The action for money had and received has always been regarded as an action in assumpsit, based upon a promise to repay which the law implies, where one has possession of money which in equity and good conscience belongs to another. “Having money that rightfully belongs to another, creates a debt; and whenever a debt .exists without any express promise to pay, the law implies a promise, and the, action always sounds in contract.” Byxbie v. Wood, 24 N. Y. 607, 610. In that case it was held, that where one person fraudulently procures money of another, the law will imply a promise to repay it, and the injured party need not sue in tort, but may sue in assumpsit for money had and received. In Brewer v. Dyer, 7 Cush. (Mass.) 337, 340, the court said:
“Tlie law, operating on the act of the parties, creates the duty, establishes the privity, and implies the promise and obligation, on which the action is founded.”

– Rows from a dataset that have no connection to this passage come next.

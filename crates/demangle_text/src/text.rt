//! Texts of limited length.
ghost use Rattle.std.specs.Prelude.{◌≡◌, ◌↔◌, ◌≤◌, ◌++◌, [], IfErr, OnOk, OnErr, IsTrue};
ghost use Rattle.std.specs.Prelude.{◌-◌, length, slice_get, take, vec_len, decimal, encode_utf8};

use crate::failure::Failure;
use itoa::Buffer;
use std::alloc::Global;

/// The greatest number of bytes of a text, for each byte of its name.
pub const BYTES_PER_BYTE: usize = 128;

/// The greatest number of bytes of a text.
pub const MAX_TEXT: usize = 65536;

/// A text of limited length. It keeps its memory from one name to the next. Contracts describe it with
/// `text_of` and `limit_of`.
#[derive(Drop)]
pub struct Text {
    bytes: Vec<u8>,
    limit: usize,
    pub ghost within: { vec_len bytes ≤ limit },
}

impl Text {
    ghost use Rattle.demangle_text.specs.Text.{text_of, limit_of, limit_for, IsWhy};

    /// Creates an empty text that must stay empty, until [`Text::start`].
    pub fn new(alloc: Global) -> Text
        ensures text { text_of result ≡ [] }
        ensures limit { limit_of result ≡ 0 }
    {
        Text {
            bytes: Vec::new(alloc),
            limit: 0,
        }
    }

    /// Removes all bytes, and sets the limit to that of a name of this length in bytes: 128 for each byte,
    /// and at most 65,536.
    pub fn start(&mut self, name_length: usize)
        ensures text { text_of self.new ≡ [] }
        ensures limit { limit_of self.new ≡ limit_for name_length }
    {
        self.bytes.clear();
        self.limit = if name_length < MAX_TEXT / BYTES_PER_BYTE {
            BYTES_PER_BYTE * name_length
        } else {
            MAX_TEXT
        };
    }

    /// Returns the number of bytes.
    pub fn len(&self) -> usize
        ensures len { result ≡ length (text_of self.now) }
        ensures limit { result ≤ limit_of self.now }
    {
        self.bytes.len()
    }

    /// Returns whether there are no bytes.
    pub fn is_empty(&self) -> bool
        ensures { IsTrue result ↔ (length (text_of self.now) ≡ 0) }
    {
        self.bytes.is_empty()
    }

    /// Returns the bytes.
    pub fn bytes(&self) -> &[u8]
        ensures bytes { result.now ≡ text_of self.now }
        ensures limit { length result.now ≤ limit_of self.now }
    {
        &self.bytes
    }

    /// Returns the greatest number of bytes.
    pub fn limit(&self) -> usize
        ensures { result ≡ limit_of self.now }
    {
        self.limit
    }

    /// Returns the last byte.
    pub fn last(&self) -> Option<u8>
        ensures { result ≡ slice_get (text_of self.now) (length (text_of self.now) - 1) }
    {
        self.bytes.last().copied()
    }

    /// Keeps the first `count` bytes.
    pub fn truncate(&mut self, count: usize)
        ensures text { text_of self.new ≡ take count (text_of self.old) }
        ensures limit { limit_of self.new ≡ limit_of self.old }
    {
        self.bytes.truncate(count);
    }

    /// Appends bytes.
    ///
    /// Fails with [`Failure::Limit`] if the text would be longer than its limit, and with [`Failure::Memory`]
    /// if memory runs out. Then the text stays.
    pub fn put(&mut self, bytes: &[u8]) -> Result<(), Failure>
        ensures limit { limit_of self.new ≡ limit_of self.old }
        ensures ok { OnOk result (text_of self.new ≡ text_of self.old ++ bytes.now) }
        ensures err { OnErr result (text_of self.new ≡ text_of self.old) }
        ensures why { IfErr result (λ why. IsWhy self.old (length bytes.now) why) }
    {
        if bytes.len() > self.limit - self.bytes.len() {
            return Err(Failure::Limit);
        }
        self.bytes.extend_from_slice(bytes)?;
        Ok(())
    }

    /// Appends a character in UTF-8. Fails as [`Text::put`] does.
    pub fn put_char(&mut self, character: char) -> Result<(), Failure>
        ensures limit { limit_of self.new ≡ limit_of self.old }
        ensures ok { OnOk result (text_of self.new ≡ text_of self.old ++ encode_utf8 character) }
        ensures err { OnErr result (text_of self.new ≡ text_of self.old) }
        ensures why { IfErr result (λ why. IsWhy self.old (length (encode_utf8 character)) why) }
    {
        let mut buffer = [0u8; 4];
        self.put(character.encode_utf8(&mut buffer).as_bytes())
    }

    /// Appends a number in decimal digits. Fails as [`Text::put`] does.
    pub fn put_number(&mut self, number: u64) -> Result<(), Failure>
        ensures limit { limit_of self.new ≡ limit_of self.old }
        ensures ok { OnOk result (text_of self.new ≡ text_of self.old ++ decimal number) }
        ensures err { OnErr result (text_of self.new ≡ text_of self.old) }
        ensures why { IfErr result (λ why. IsWhy self.old (length (decimal number)) why) }
    {
        let mut digits = Buffer::new();
        self.put(digits.format(number).as_bytes())
    }
}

That there is in such a case an implied promise to pay is generally recognized in the authorities, and it is so held in the state of Oregon. First National Bank v. Hovey, 34 Or. 162, 55 Pac. 535; Hornefius v. Wilkinson, 51 Or. 45, 93 Pac. 474. In 1 Wood on Limitations (4th Ed.) page 95, it is said :
“Without multiplying instances, generally assumpsit lies for the broach of any simple contract, and in all cases where a contract or promise exists by express act of the parties, or where the circumstances are such that the law will imply a promise; and it may be said that under this head a recovery may be liad for tortious acts properly embraced under the head of actions ex delicto in all those cases where, from the circumstances of the case, the law will imply a promise on the part of the wrongdoer to reimburse the party injured by his act.”
Page 96:
“In cases where a tort may be waived, and assumpsit brought therefor, the ,. latter action will lie, even though an action for the tort is barred by the statute.”

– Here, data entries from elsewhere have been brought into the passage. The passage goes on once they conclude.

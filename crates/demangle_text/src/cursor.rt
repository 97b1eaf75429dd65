//! A position in the bytes of a name.
ghost use Rattle.std.specs.Prelude.{◌≡◌, ◌+◌, ◌<◌, ◌≤◌, IfOk, IsNone, IsTrue, OnErr, OnOk, if◌then◌else◌};
ghost use Rattle.std.specs.Prelude.{◌↔◌, ◌*◌, ◌^◌, [], IfNone, IfSome, IsOkUnless, SomeIff, length};
ghost use Rattle.std.specs.Prelude.{slice_range};
ghost use Rattle.demangle_text.specs.declared.failure.Failure.TheVariants.{Grammar};

use crate::failure::Failure;

/// The bytes of a name, and a position in them. Contracts describe them with `bytes_of` and `position_of`.
#[derive(Clone, Copy)]
pub struct Cursor<'a> {
    bytes: &'a [u8],
    position: usize,
}

impl<'a> Cursor<'a> {
    ghost use Rattle.demangle_text.specs.Cursor.{ReadsNumber};
    ghost use Rattle.demangle_text.specs.steps.Cursor.{IsDigitAt};
    ghost use Rattle.demangle_text.specs.Cursor.{bytes_of, byte_at, position_of, unread};
    ghost use Rattle.demangle_text.specs.Digits.{leading_digits};

    /// Creates a cursor at the first byte.
    pub fn new(bytes: &'a [u8]) -> Cursor<'a>
        ensures bytes { bytes_of result ≡ bytes.now }
        ensures position { position_of result ≡ 0 }
    {
        Cursor { bytes, position: 0 }
    }

    /// Returns the number of bytes before the position.
    pub fn position(&self) -> usize
        ensures { result ≡ position_of self.now }
    {
        self.position
    }

    /// Sets the position, which may be after the last byte.
    pub fn set_position(&mut self, position: usize)
        ensures bytes { bytes_of self.new ≡ bytes_of self.old }
        ensures position { position_of self.new ≡ position }
    {
        self.position = position;
    }

    /// Returns whether no byte is left.
    pub fn is_at_end(&self) -> bool
        ensures { IsTrue result ↔ (length (bytes_of self.now) ≤ position_of self.now) }
    {
        self.bytes.len() <= self.position
    }

    /// Returns the next byte, or `None` if no byte is left. The position stays.
    pub fn peek(&self) -> Option<u8>
        ensures { result ≡ byte_at self.now }
    {
        self.bytes.get(self.position).copied()
    }

    // Returns the number of all bytes.
    pub(crate) fn len(&self) -> usize
        ensures count { result ≡ length (bytes_of self.now) }
        ensures memory { length (bytes_of self.now) < 2 ^ 64 }
    {
        self.bytes.len()
    }

    // Returns whether the next byte is this one. The position stays.
    pub(crate) fn is_next(&self, byte: u8) -> bool
        ensures { IsTrue result ↔ (byte_at self.now ≡ Some byte) }
    {
        self.peek() == Some(byte)
    }

    /// Returns the next byte and moves after it.
    ///
    /// Fails with [`Failure::Grammar`] if no byte is left. Then the position stays.
    pub fn next_byte(&mut self) -> Result<u8, Failure>
        ensures bytes { bytes_of self.new ≡ bytes_of self.old }
        ensures byte { IfOk result (λ byte. byte_at self.old ≡ Some byte) }
        ensures position { OnOk result (position_of self.new ≡ position_of self.old + 1) }
        ensures none { OnErr result (IsNone (byte_at self.old)) }
        ensures stays { OnErr result (position_of self.new ≡ position_of self.old) }
        ensures why { IsOkUnless result Grammar }
    {
        let Some(byte) = self.peek() else {
            return Err(Failure::Grammar);
        };
        self.position += 1;
        Ok(byte)
    }

    /// Moves after the next byte if it is this one, and returns whether it is.
    pub fn eat(&mut self, byte: u8) -> bool
        ensures bytes { bytes_of self.new ≡ bytes_of self.old }
        ensures is { IsTrue result ↔ (byte_at self.old ≡ Some byte) }
        ensures position { position_of self.new ≡ position_of self.old + (if result then 1 else 0) }
    {
        if self.is_next(byte) {
            self.position += 1;
            true
        } else {
            false
        }
    }

    /// Returns the next `count` bytes and moves after them.
    ///
    /// Fails with [`Failure::Grammar`] if fewer are left. Then the position stays.
    pub fn take(&mut self, count: usize) -> Result<&'a [u8], Failure>
        ensures bytes { bytes_of self.new ≡ bytes_of self.old }
        ensures position { OnOk result (position_of self.new ≡ position_of self.old + count) }
        ensures within { OnOk result (position_of self.new ≤ length (bytes_of self.old)) }
        ensures taken { IfOk result (λ taken.
            taken.now ≡ slice_range (bytes_of self.old) (position_of self.old) (position_of self.new)) }
        ensures few { OnErr result (length (bytes_of self.old) < position_of self.old + count) }
        ensures stays { OnErr result (position_of self.new ≡ position_of self.old) }
        ensures why { IsOkUnless result Grammar }
    {
        let start = self.position;
        if self.bytes.len() < start || self.bytes.len() - start < count {
            return Err(Failure::Grammar);
        }
        self.position = start + count;
        Ok(&self.bytes[start..start + count])
    }

    /// Returns the number that the next decimal digits write, at least one, and moves after them.
    ///
    /// Fails with [`Failure::Grammar`] if the next byte isn't a digit, and with [`Failure::Limit`] if the
    /// number is 2^64 or more.
    pub fn number(&mut self) -> Result<usize, Failure>
        ensures bytes { bytes_of self.new ≡ bytes_of self.old }
        ensures position { position_of self.old ≤ position_of self.new }
        ensures digit { OnOk result (position_of self.old < position_of self.new) }
        ensures number { ReadsNumber self.old result self.new }
    {
        let start = self.position;
        // For the prover.
        let _count = self.len();
        let mut number = 0usize;
        'digits: while let Some(digit) = self.peek_digit() {
            let Some(next) = push_digit(number, digit) else {
                return Err(Failure::Limit);
            };
            number = next;
            self.position += 1;
        }
        if self.position == start {
            return Err(Failure::Grammar);
        }
        Ok(number)
    }

    // Returns the value of the next byte if that is a decimal digit. The position stays.
    fn peek_digit(&self) -> Option<usize>
        ensures some { IfSome result (λ digit. IsDigitAt self.now digit) }
        ensures none { IfNone result (leading_digits (unread self.now) ≡ []) }
    {
        let byte = self.peek()?;
        if byte.is_ascii_digit() {
            Some((byte - b'0') as usize)
        } else {
            None
        }
    }
}

// Returns the number with one more decimal digit, or `None` if it is 2^64 or more.
fn push_digit(number: usize, digit: usize) -> Option<usize>
    ensures { SomeIff result (number * 10 + digit < 2 ^ 64) (number * 10 + digit) }
{
    number.checked_mul(10)?.checked_add(digit)
}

Among the cases cited are Ivey’s Adm’r v. Owens, 28 Ala. 641; Lamb v. Clark, 5 Pick. (Mass.) 193; Kirkman v. Philips’ Heirs, 7 Heisk. (Tenn.) 222; Miller v. Miller, 7 Pick. (Mass.) 133, 19 Am. Dec. 264; Whitaker v. Poston, 120 Tenn. 207, 110 S. W. 1019; Fanson v. Linsley, 20 Kan. 235; Norden v. Jones, 33 Wis. 600, 14 Am. Rep. 782.

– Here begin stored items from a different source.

//! The base of the demanglers: a cursor over the bytes of a name, a text of limited length, and why a name is
//! not demangled; and the demanglers of Rust's names.
#![tactic(auto)]

pub mod cursor;
pub mod failure;
mod hex;
pub mod legacy;
pub mod text;
pub mod v0;

pub use cursor::Cursor;
pub use failure::Failure;
pub use legacy::{LegacyName, split_legacy_name};
pub use text::Text;
pub use v0::RustNames;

We may assume that the statute of limitations of Oregon was framed with a view to existing recognized forms of actions, and that when a limitation of six years was placed upon the commencement of actions “on a contract or liability express 'or implied,” it was intended to apply the same to all actions in assumpsit including that for money had and received. Such seems to have been the construction placed upon- similar statutes of limitation in other states. In Trower v. City and County of San Francisco, 157 Cal. 762, 109 Pac. 617, the court said:
“The action is one to recover moneys unjustly exacted and retained by defendant. It is assumpsit for money had and received, and therefore an action ‘upon a contract, obligation or liability not founded upon an instrument in writing.’ ” ‘
In Kentucky it was held that an action for money had and received was governed by the statute of limitations applicable to cases “arising on a contract express or implied.” Clark v. Logan County, 138 Ky. 676, 128 S. W. 1079. In Missouri, the statute barred after five years all actions on “contracts, obligations or liabilities, express or implied.” It was held that the action for money had and received was governed thereby. Garrett v. Conklin, 52 Mo. App. 654. In Leather Manuf. Bank v. Merchants’ Bank, 128 U. S. 26, 9 Sup. Ct. 3, 32 L. Ed. 342, the action was brought to recover money paid on a forged check. The court held that under the New York statute the action was one on a “contract, obligation or liability, express or implied.” The action in the present case, having been commenced within six years, we think the cause of action was not barred.
The judgment is reversed, and the cause is remanded to the court below for further proceedings.